Methods: P23H and wild type (Wt) swine were euthanized during gestation at embryonic (E) day 85, 105, and after birth at postnatal (P) days 3, 14, 30, 60, 90, 120, and 180. Each group contained 1 Wt and 1 tg eye (N = 18 eyes). Eyes were fixed in a mixture of 2% paraformaldehyde/2% glutaraldehyde. Posterior eyecups containing the retina were bisected along the vertical meridian and retinal tissue was retrieved 5-7 mm above the optic disc and processed for transmission electron microscopy (TEM).

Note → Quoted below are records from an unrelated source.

ghost use Rattle.std.specs.Prelude.{◌≡◌, ℕ, ◌+◌, ◌-◌, ◌*◌, ◌<◌, ◌≤◌, ◌++◌, List, length, take, replicate, flat_map};
ghost use Rattle.byteorder.specs.Endian.{little_bytes};
ghost use Rattle.definitions.specs.Bytes.{IsPage, with_bytes};
ghost use Rattle.definitions.specs.SwapHeader.{bad_pages_of, first_outside, area_page};
ghost use Rattle.image_format.specs.AreaKind.{area_of, mark_of, version_1_kind};

use crate::signature::layout::{
    self, BADPAGES, FLAGS, HW_SIG, LAST_PAGE, MOST_BADPAGES, NR_BADPAGES, SIG, VERSION,
};
use crate::signature::signatures::{AREA, IMAGE, OLD, signature, with_signature};
use page_core::Page;
use thiserror::Error;

/// A version 1 swap area, as its header block describes it (`union swap_header`, include/linux/swap.h).
#[derive(Clone, Copy, Debug, PartialEq, Eq)]
pub struct Area {
    /// The last slot (`last_page`).
    pub last: u32,
    /// The number of bad pages that the header names (`nr_badpages`).
    pub count: u32,
    /// The bad pages (`badpages`): the first `count` entries. All others are 0.
    pub bad: [u32; MOST_BADPAGES],
}

/// A header block that carries the signature of an image (`struct swsusp_header`, kernel/power/swap.c).
/// Its fields are untested.
#[derive(Clone, Copy, Debug, PartialEq, Eq)]
pub struct Mark {
    /// The word at `last_page`.
    pub last: u32,
    /// The word at `nr_badpages`.
    pub count: u32,
    /// The block of the first swap map page (`image`).
    pub first: u64,
    /// The flags, such as SF_NOCOMPRESS_MODE.
    pub flags: u32,
    /// The hardware signature that the image was made under, if SF_HW_SIG is set.
    pub hw_sig: u32,
}

/// Why a block with the signature `SWAPSPACE2` isn't an area that can be used.
#[derive(Clone, Copy, Debug, PartialEq, Eq, Error)]
pub enum AreaFault {
    /// The version isn't 1.
    #[error("version {version}")]
    Version { version: u32 },
    /// More than 630 bad pages.
    #[error("{count} bad pages")]
    BadCount { count: u32 },
    /// There is no slot except the header's.
    #[error("last page 0")]
    LastZero,
    /// The first bad page that is 0 or above the last slot.
    #[error("bad page {slot} is no slot")]
    BadEntry { slot: u32 },
}

/// What the header block of a swap area says.
#[derive(Clone, Copy, Debug, PartialEq, Eq)]
pub enum AreaKind {
    /// An area with an image.
    Image(Mark),
    /// A version 0 area (`SWAP-SPACE`).
    Old,
    /// A block without a swap area's signature.
    Other { sig: [u8; 10] },
    /// A version 1 area with a fault.
    BadArea { why: AreaFault },
    /// A version 1 area without an image.
    Swap(Area),
}

impl AreaKind {
    ghost use Rattle.std.specs.Prelude.{◌≡◌};
    ghost use Rattle.image_format.specs.AreaKind.{area_kind};

    /// Reads what a header block says. The kinds are tested in this order: an image, a version 0 area, no area, the
    /// faults of a version 1 area in the order of `AreaFault`.
    #[tactic(auto, unfolding(crate::specs::AreaKind::area_kind))]
    pub fn read(page: &Page) -> AreaKind
        ensures { result ≡ area_kind page.now }
    {
        let sig = signature(page);
        if sig == IMAGE {
            AreaKind::Image(mark_of(page))
        } else if sig == OLD {
            AreaKind::Old
        } else if sig == AREA {
            version_1(page)
        } else {
            AreaKind::Other { sig }
        }
    }
}

fn mark_of(page: &Page) -> Mark
    ensures { result ≡ mark_of page.now }
{
    Mark {
        last: page.u32_at(LAST_PAGE),
        count: page.u32_at(NR_BADPAGES),
        first: page.word(layout::IMAGE / 8),
        flags: page.u32_at(FLAGS),
        hw_sig: page.u32_at(HW_SIG),
    }
}

#[tactic(auto, unfolding(crate::specs::AreaKind::area_of))]
fn version_1(page: &Page) -> AreaKind
    ensures { result ≡ version_1_kind page.now }
{
    let version = page.u32_at(VERSION);
    let last = page.u32_at(LAST_PAGE);
    let count = page.u32_at(NR_BADPAGES);
    let why = if version != 1 {
        AreaFault::Version { version }
    } else if count > MOST_BADPAGES as u32 {
        AreaFault::BadCount { count }
    } else if last == 0 {
        AreaFault::LastZero
    } else {
        let bad = bad_pages(page, count);
        match first_outside(&bad[..count as usize], last) {
            None => return AreaKind::Swap(Area { last, count, bad }),
            Some(slot) => AreaFault::BadEntry { slot },
        }
    };
    AreaKind::BadArea { why }
}

/// Returns the first `count` bad pages that the header names, followed by zeros.
fn bad_pages(page: &Page, count: u32) -> [u32; MOST_BADPAGES]
    requires { count ≤ 630 }
    ensures { result ≡ bad_pages_of page.now count ++ replicate (630 - count) 0 }
{
    let mut bad = [0; MOST_BADPAGES];
    for i in 0..count as usize {
        bad[i] = page.u32_at(BADPAGES + 4 * i);
    }
    bad
}

fn first_outside(bad: &[u32], last: u32) -> Option<u32>
    ensures { result ≡ first_outside last bad.now }
{
    bad.iter().copied().find(|&slot| slot == 0 || slot > last)
}

/// Makes the header block of a version 1 area without an image.
#[tactic(auto, unfolding(definitions::specs::SwapHeader::area_page))]
pub fn area_page(last: u32, bad: &[u32]) -> Page
    requires { length bad.now ≤ 630 }
    ensures { result ≡ area_page last bad.now }
{
    let mut page = Page::zero();
    page.put_u32(VERSION, 1);
    page.put_u32(LAST_PAGE, last);
    page.put_u32(NR_BADPAGES, bad.len() as u32);
    put_bad_pages(&mut page, bad);
    with_signature(&page, SIG, AREA)
}

fn put_bad_pages(page: &mut Page, bad: &[u32])
    requires few { length bad.now ≤ 630 }
    requires whole { IsPage page.old }
    ensures { page.new ≡ with_bytes page.old 1536 (flat_map (little_bytes 4) bad.now) }
{
    for (i, slot) in bad.iter().enumerate() {
        page.put_u32(BADPAGES + 4 * i, *slot);
    }
}
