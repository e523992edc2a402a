ghost use Rattle.std.specs.Prelude.{◌≡◌, ◌≤◌};
ghost use Rattle.definitions.specs.Bytes.{IsPage, with_bytes};
ghost use Rattle.definitions.specs.SwapHeader.{sig_of, orig_sig_of};

use crate::signature::layout::{ORIG_SIG, SIG};
use page_core::Page;

/// The signature of an image: `S1SUSPEND` and a zero byte (HIBERNATE_SIG, kernel/power/swap.c).
pub(crate) const IMAGE: [u8; 10] = *b"S1SUSPEND\0";

/// The signature of a version 0 area.
pub(crate) const OLD: [u8; 10] = *b"SWAP-SPACE";

/// The signature of a version 1 area.
pub(crate) const AREA: [u8; 10] = *b"SWAPSPACE2";

pub(crate) fn signature(page: &Page) -> [u8; 10]
    ensures sig { result ≡ sig_of page.now }
    ensures page { IsPage page.now }
{
    let mut sig = [0; 10];
    sig.copy_from_slice(&page.as_bytes()[SIG..]);
    sig
}

pub(crate) fn original_signature(page: &Page) -> [u8; 10]
    ensures { result ≡ orig_sig_of page.now }
{
    let mut sig = [0; 10];
    sig.copy_from_slice(&page.as_bytes()[ORIG_SIG..SIG]);
    sig
}

/// Returns the page with a signature at offset k.
pub(crate) fn with_signature(page: &Page, k: usize, sig: [u8; 10]) -> Page
    requires { k ≤ 4086 }
    ensures { result ≡ with_bytes page.now k sig }
{
    let mut bytes = *page.as_bytes();
    bytes[k..k + 10].copy_from_slice(&sig);
    Page::from_bytes(&bytes)
}
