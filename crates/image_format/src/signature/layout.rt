//! The offsets in bytes of a header block's fields, by the kernel's names; and the flags of its mark.

/// `union swap_header`, `info` of version 1 (include/linux/swap.h).
pub(crate) const VERSION: usize = 1024;

pub(crate) const LAST_PAGE: usize = 1028;

pub(crate) const NR_BADPAGES: usize = 1032;

pub(crate) const BADPAGES: usize = 1536;

/// The most bad pages that a header block has room for, before the bytes of `struct swsusp_header`.
pub const MOST_BADPAGES: usize = 630;

/// `struct swsusp_header` (kernel/power/swap.c), which ends with the block.
pub(crate) const HW_SIG: usize = 4056;

pub(crate) const IMAGE: usize = 4064;

pub(crate) const FLAGS: usize = 4072;

pub(crate) const ORIG_SIG: usize = 4076;

pub(crate) const SIG: usize = 4086;

/// The flag of an image that isn't compressed (kernel/power/power.h).
pub const SF_NOCOMPRESS_MODE: u32 = 2;

/// The flag of a header whose `hw_sig` counts (kernel/power/power.h).
pub const SF_HW_SIG: u32 = 8;

/// The flag of an image without data pages for its pages of zeros (this project's own).
pub const SF_SKIPS_ZEROS: u32 = 256;
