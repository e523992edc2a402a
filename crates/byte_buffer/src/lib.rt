//! A buffer in which the bytes of a text or a file are put together.
#![tactic(auto)]

mod buffer;

pub use buffer::ByteBuffer;
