ghost use Rattle.std.specs.Prelude.{◌≡◌, ◌+◌, ◌≤◌, ℕ, List, [], ◌++◌, length};

use arrayvec::ArrayVec;
use std::marker::Model;

/// At most `N` bytes. A contract sees them as a list.
#[derive(Drop)]
pub struct ByteBuffer<const N: usize> {
    bytes: ArrayVec<u8, N>,
}

impl<const N: usize> Model for ByteBuffer<N> {
    ghost Value = { List ℕ };

    ghost view = { λ buffer. buffer.bytes.items };
}

impl<const N: usize> ByteBuffer<N> {
    pub fn new() -> ByteBuffer<N>
        ensures { result ≡ [] }
    {
        ByteBuffer {
            bytes: ArrayVec::new(),
        }
    }

    pub fn as_bytes(&self) -> &[u8]
        ensures { result.now ≡ self.now }
    {
        self.bytes.as_slice()
    }

    /// Adds some bytes.
    pub fn put(&mut self, bytes: &[u8])
        requires { length self.old + length bytes.now ≤ N }
        ensures added { self.new ≡ self.old ++ bytes.now }
        ensures len { length self.new ≡ length self.old + length bytes.now }
    {
        self.bytes.try_extend_from_slice(bytes).unwrap();
    }
}
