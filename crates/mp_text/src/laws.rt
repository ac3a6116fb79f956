// What the definitions of this crate promise: each function's contract is one law of them.
ghost use Rattle.std.specs.Prelude.{List, ℕ};
ghost use Rattle.mp_text.specs.Changes.{IsByteChange, SplicesLines};
ghost use Rattle.mp_text.specs.Edits.{IsInRange, edited};
ghost use Rattle.mp_text.specs.Meant.{HasItsSize, IsRangeTested, MakesOneText};
ghost use Rattle.mp_text.specs.declared.edits.Edit.{Edit};

/// An edit is refused for its numbers exactly where they are not in range.
pub fn range_is_tested()
    ensures { (edit : Edit) (text : List (List ℕ)) → IsRangeTested edit text }
{}

/// An edit in range changes the lines, or the bytes, that it names, and no others: what stands before its place stays
/// there, what stands behind it is shifted, and there is only one such text.
pub fn edits_change_their_place()
    ensures { (edit : Edit) (text : List (List ℕ)) → MakesOneText edit text }
{}

/// The new text has as many lines and bytes as the old one, less those that are taken away, and those that are brought.
pub fn sizes_of_edits()
    ensures { (edit : Edit) (text : List (List ℕ)) → IsInRange edit text → HasItsSize edit text (edited edit text) }
{}

/// An edit that is in range changes a text's bytes at one place.
pub fn edit_is_a_byte_change()
    ensures { (edit : Edit) (text : List (List ℕ)) → IsInRange edit text → IsByteChange edit text }
{}

/// The lines of a text's bytes, changed so, are the edited text.
pub fn edited_lines()
    ensures { (edit : Edit) (text : List (List ℕ)) → SplicesLines edit text }
{}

Results: Wt: E85 retinae exhibit photoreceptor (PR) inner segments (IS) in the subretinal space (SRS) and no PR synaptic terminals in the OPL. E105 retinae show PR outer segments (OS) in the SRS, and development of PR synaptic terminals is incomplete. P3-P180 Wt retinae appear mature and normal. P23H: E85 retinae look similar to Wt. E105 retinae exhibit abnormal rod OS that are disorganized, vacuolated, and truncated; PR synaptic terminals appear similar to Wt. P3 retinae exhibit rod inner segments (IS) with malformed OS, rod spherules have abnormal triad configuration, or no triads at all, and most cones appear normal. P14-P60 retinae show no rod IS/OS, abnormal rod spherules, progressive loss of PR nuclei from the ONL, infrequent pyknotic nuclei in the ONL, Müller cell hypertrophy, cone PRs with and without OS, and flattening of cone pedicles. P90 -P120 retinae show few cone OS, blob-like structures and vacuoles in the cone myoid, and vacuoles in the ONL, INL, and OPL. P180 show abnormal and normal cone somata with retracted abnormal pedicles surrounded by Müller cell cytoplasm, cone IS are largely absent, and the retinal pigment epithelium abuts the external limiting membrane.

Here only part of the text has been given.